Theorem 8.1.8.4 (01GB)

Theorem 8.1.8.4. Let $\operatorname{\mathcal{A}}$ be a category and let $\operatorname{\mathcal{C}}$ be a $2$-category containing objects $X$ and $Y$. Then the assignment $F \mapsto U_{F}$ of Construction 8.1.8.2 induces a monomorphism of sets

\[ \xymatrix@R =50pt@C=50pt{ \{ \textnormal{Functors $F: \operatorname{Tw}(\operatorname{\mathcal{A}}) \rightarrow \underline{\operatorname{Hom}}_{\operatorname{\mathcal{C}}}(X,Y)$} \} \ar [d] \\ \{ \textnormal{Strictly unitary lax functors $U: [1] \times \operatorname{\mathcal{A}}\rightarrow \operatorname{\mathcal{C}}$} \} . } \]

The image of this monomorphism consists of those strictly unitary lax functors $U: [1] \times \operatorname{\mathcal{C}}\rightarrow \operatorname{\mathcal{D}}$ having the property that $U|_{ \{ 0\} \times \operatorname{\mathcal{A}}}$ and $U|_{ \{ 1\} \times \operatorname{\mathcal{A}}}$ are the constant functors taking the values $X$ and $Y$, respectively.

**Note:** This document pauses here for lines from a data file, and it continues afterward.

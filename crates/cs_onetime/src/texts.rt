//! Texts by their places.
ghost use Rattle.std.specs.Prelude.{◌≡◌, [], List, length, slice_index_or};

/// Some texts, wherever they stand.
pub trait Texts {
    ghost use Rattle.std.specs.Prelude.{ℕ};

    /// The texts, in their order.
    ghost texts: { Self → List (List ℕ) };

    /// How many there are.
    fn count(&self) -> usize
        ensures { result ≡ length (texts self.now) };

    /// The text at a place; none where there is none.
    fn text(&self, place: usize) -> &[u8]
        ensures { result.now ≡ slice_index_or (texts self.now) place [] };
}

/// The texts of vectors.
#[derive(Clone, Copy, Drop)]
pub struct Vectors<'a>(pub &'a [Vec<u8>]);

impl Texts for Vectors<'_> {
    ghost use Rattle.cs_onetime.specs.Signature.{texts_in};

    ghost texts = { λ vectors. texts_in vectors.0.now };

    fn count(&self) -> usize {
        self.0.len()
    }

    fn text(&self, place: usize) -> &[u8] {
        match self.0.get(place) {
            Some(text) => text.as_slice(),
            None => &[],
        }
    }
}
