//! A proof that a chain gives fits: what the chain doesn't tell of its limits, the types do.
ghost use Rattle.std.specs.List.{AllByRecursion};
ghost use Rattle.cs_tx_value.specs.Object.{DigestFits};

use cs_check_rules::Digest;
use cs_tx_types::digest_fits;

/// Each of these digests is within all limits.
pub(crate) fn digests_fit(digests: &[Digest])
    ensures { AllByRecursion DigestFits digests.now }
{
    for digest in digests {
        digest_fits(digest);
    }
}
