// Prints the line of the session that is submitted, where it is to be announced.
fn announce<K: Sink>(
    alloc: Global,
    client: &ClientCore,
    announcing: bool,
    out: &mut K,
) -> Result<(), WriteError>
    ensures done { (t : Try) → ClientStandsFor t.errand t.inputs client.now → OnOk result
        (Appends (K.written out.old) (K.written out.new)
        (announcement announcing (phase_in_try t))) }
    ensures part { (t : Try) → ClientStandsFor t.errand t.inputs client.now → OnErr result
        (AppendsFront (K.written out.old) (K.written out.new)
        (announcement announcing (phase_in_try t))) }
    ensures cause { HasCause (K.faults out.old) (K.faults out.new)
        (IsErrOf result WriteError.Failed) }
{
    if !announcing {
        return Ok(());
    }
    let Some(session) = client.session() else {
        return Ok(());
    };
    let Ok(line) = session_line(alloc, session) else {
        return Err(WriteError::Memory);
    };
    print(out, line.as_bytes())
}

// The lines of the transaction of the session that is submitted.
fn lines_of(alloc: Global, client: &ClientCore) -> Result<String, Memory>
    ensures { (t : Try) → ClientStandsFor t.errand t.inputs client.now →
        IfOk result (λ lines. string_bytes lines
        ≡ option_map_or (λ x. tx_lines t.errand.config x.tx) (submitted (phase_in_try t)) []) }
{
    match client.session() {
        Some(session) => tx_lines(alloc, client.config(), &session.tx),
        None => Ok(String::new(alloc)),
    }
}

// That a session is accepted, with the lines of its transaction.
fn accepted_text(alloc: Global, client: &ClientCore, digest: Digest) -> Result<String, Memory>
    ensures { (t : Try) → ClientStandsFor t.errand t.inputs client.now → t.details ≡ true →
        IfOk result (λ text. string_bytes text ≡ lines_accepted digest t) }
{
    let mut text = known_line(alloc, Known::Accepted(digest))?;
    let lines = lines_of(alloc, client)?;
    text.push_str(&lines)?;
    Ok(text)
}

// Prints that a session is accepted, with the lines of its transaction.
fn tell_accepted<K: Sink>(
    alloc: Global,
    client: &ClientCore,
    digest: Digest,
    out: &mut K,
) -> TryEnding
    ensures goes { (t : Try) → ClientStandsFor t.errand t.inputs client.now →
        known_in_try t ≡ Known.Accepted digest →
        GoesBehind (then_next (Known.Accepted digest) t) (Err result) }
    ensures printed { (t : Try) → ClientStandsFor t.errand t.inputs client.now → t.details ≡ true →
        PrintsBehind (line_between (Known.Accepted digest) t)
        (K.written out.old) (K.written out.new) (Err result) }
    ensures only { result ≢ TryEnding.Ended Ending.LinkFault }
    ensures sink { HasCause (K.faults out.old) (K.faults out.new) (result ≡ TryEnding.WriteFault) }
{
    let Ok(text) = accepted_text(alloc, client, digest) else {
        return TryEnding::Ended(Ending::Memory);
    };
    match print(out, text.as_bytes()) {
        Ok(()) => TryEnding::Told(digest),
        Err(error) => unwritten(error),
    }
}
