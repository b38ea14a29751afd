//! One-time signatures, whose keys, secrets and images are made by SHA-256 alone, and a wallet that
//! signs no two messages under one number.
#![tactic(auto)]

mod halves;
mod key;
mod laws;
mod signing;
mod texts;
mod verifying;
mod wallet;

pub use cs_hash::Digest;
pub use key::public_key;
pub use laws::{no_number_signs_two_messages, signatures_verify};
pub use texts::Texts;
pub use verifying::{verify, verify_texts};
pub use wallet::{LAST_NUMBER, MOST_USED, Wallet, WalletError};
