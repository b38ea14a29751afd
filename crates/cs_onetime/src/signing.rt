//! The texts of a signature.
ghost use Rattle.std.specs.Prelude.{◌≡◌, ◌<◌, ◌+◌, ◌*◌, IfOk};
ghost use Rattle.cs_onetime.specs.Signature.{signed_half, signed_text, signature, texts_in};

use crate::halves::{PLACES, bit_of, image, secret};
use cs_base::Memory;
use cs_hash::{Digest, TagKey};
use std::alloc::Global;

// The secret of the message's bit at a place; from place 128 on, the image of the other one.
fn signed_half(seed: &TagKey, number: u64, message: &Digest, place: u8) -> [u8; 16]
    ensures { result ≡ signed_half seed.now number message.now place }
{
    if place < PLACES {
        return secret(seed, number, place, bit_of(message, place));
    }
    let other = 1 - bit_of(message, place - PLACES);
    image(&secret(seed, number, place - PLACES, other))
}

fn signed_text(
    alloc: Global,
    seed: &TagKey,
    number: u64,
    message: &Digest,
    text: u8,
) -> Result<Vec<u8>, Memory>
    requires { text < 16 }
    ensures { IfOk result (λ bytes. bytes.items ≡ signed_text seed.now number message.now text) }
{
    let mut bytes = Vec::new(alloc);
    for column in 0..16u8 {
        let half = signed_half(seed, number, message, 16 * text + column);
        bytes.extend_from_slice(half.as_slice())?;
    }
    Ok(bytes)
}

/// The signature of a message under the key of a number.
pub fn signature(
    alloc: Global,
    seed: &Digest,
    number: u64,
    message: &Digest,
) -> Result<Vec<Vec<u8>>, Memory>
    ensures { IfOk result (λ texts. texts_in texts.items ≡ signature seed.now number message.now) }
{
    let key = TagKey::new(seed);
    let mut texts = Vec::new(alloc);
    for text in 0..16u8 {
        texts.push(signed_text(alloc, &key, number, message, text)?)?;
    }
    Ok(texts)
}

Proof of Theorem 8.1.8.4. Let $\operatorname{\mathcal{A}}$ be an ordinary category, let $\operatorname{\mathcal{C}}$ be a $2$-category containing objects $X$ and $Y$, and let $U: [1] \times \operatorname{\mathcal{A}}\rightarrow \operatorname{\mathcal{C}}$ be a strictly unitary lax functor having the property that $U|_{ \{ 0\} \times \operatorname{\mathcal{A}}}$ and $U|_{ \{ 1\} \times \operatorname{\mathcal{A}}}$ are the constant functors taking the values $X$ and $Y$, respectively. We wish to show that there exists a unique functor of ordinary categories $F: \operatorname{Tw}(\operatorname{\mathcal{A}}) \rightarrow \underline{\operatorname{Hom}}_{\operatorname{\mathcal{C}}}(X,Y)$ such that $U$ is equal to the strictly unitary lax functor $U_{F}$ given by Construction 8.1.8.2. To prove this, we may assume without loss of generality that the $2$-category $\operatorname{\mathcal{C}}$ is strictly unitary (Proposition 2.2.7.7). Given a morphism $f: A \rightarrow B$ in the category $\operatorname{\mathcal{A}}$ and a pair of integers $0 \leq i \leq j \leq 1$, we write $f_{ji}: (i,A) \rightarrow (j,B)$ for the corresponding morphism in the product category $[1] \times \operatorname{\mathcal{A}}$. Unwinding the definitions, we see that the identity $U = U_{F}$ imposes the following requirements on the functor $F$:

$(1)$: Let $f: A \rightarrow B$ be a morphism in the category $\operatorname{\mathcal{C}}$, which we identify with an object of the twisted arrow category $\operatorname{Tw}(\operatorname{\mathcal{A}})$. Then $F(f)$ is equal to $U( f_{10} ) \in \underline{\operatorname{Hom}}_{\operatorname{\mathcal{C}}}(X,Y)$.
$(2)$: Let $f: A \rightarrow B$ and $g: B \rightarrow C$ be composable morphisms in the category $\operatorname{\mathcal{A}}$, and regard the pairs $(\operatorname{id}_ A, g)$ and $(f, \operatorname{id}_ C)$ as elements of $\operatorname{Hom}_{\operatorname{Tw}(\operatorname{\mathcal{A}})}(f, g \circ f)$ and $\operatorname{Hom}_{\operatorname{Tw}(\operatorname{\mathcal{A}})}( g, g \circ f)$, respectively. Then $F( \operatorname{id}_ A, g)$ and $F(f, \operatorname{id}_ C)$ are equal to the composition constraints $\mu _{ g_{11}, f_{10} }$ and $\mu _{ g_{10}, f_{00} }$ for the lax functor $U$, respectively.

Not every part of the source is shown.